Select the lines of the records containing the word "specs" and list them.

= = = = = = =

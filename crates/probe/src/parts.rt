// The parts of requests and answers: runs of numbers as bytes. A read answers none where the input ends before, or can't be read.
ghost use Rattle.std.specs.Prelude.{◌≡◌, ◌*◌, ◌≤◌, length};
ghost use Rattle.probe.specs.Lengths.{PART_BYTES};

use crate::SLOTS;
use std::io::{Read, Write};
use wire::Number;

// How many bytes a part has at most, but for the table words: those of the slots.
const PART_BYTES: usize = 8 * SLOTS;

// Fills the run from the input, by way of the bytes.
pub(crate) fn read_by<N: Number>(
    input: &mut impl Read,
    bytes: &mut [u8],
    numbers: &mut [N],
) -> Option<()>
    requires { length bytes.old ≡ N.SIZE * length numbers.old }
{
    input.read_exact(bytes).ok()?;
    wire::decode(bytes, numbers);
    Some(())
}

pub(crate) fn read_run<N: Number>(input: &mut impl Read, numbers: &mut [N]) -> Option<()>
    requires { N.SIZE * length numbers.old ≤ PART_BYTES }
{
    let mut bytes = [0u8; PART_BYTES];
    read_by(input, &mut bytes[..N::SIZE * numbers.len()], numbers)
}

// Reads so many numbers.
pub(crate) fn read_part<N: Number + Default, const COUNT: usize>(
    input: &mut impl Read,
) -> Option<[N; COUNT]>
    requires { N.SIZE * COUNT ≤ PART_BYTES }
{
    let mut numbers = [N::default(); COUNT];
    read_run(input, &mut numbers)?;
    Some(numbers)
}

// Writes the run, by way of the bytes. Where it can't be written the program still goes on to the end of its input.
pub(crate) fn write_by<N: Number>(output: &mut impl Write, bytes: &mut [u8], numbers: &[N])
    requires { length bytes.old ≡ N.SIZE * length numbers.now }
{
    wire::encode(numbers, bytes);
    let _ = output.write_all(bytes);
}

pub(crate) fn write_run<N: Number>(output: &mut impl Write, numbers: &[N])
    requires { N.SIZE * length numbers.now ≤ PART_BYTES }
{
    let mut bytes = [0u8; PART_BYTES];
    write_by(output, &mut bytes[..N::SIZE * numbers.len()], numbers);
}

= = = = = = =

■ WRITTEN SOLUTION ■
ghost use Rattle.std.specs.Prelude.{◌≡◌, ◌*◌, ◌≤◌, length};
ghost use Rattle.probe.specs.Lengths.{PART_BYTES};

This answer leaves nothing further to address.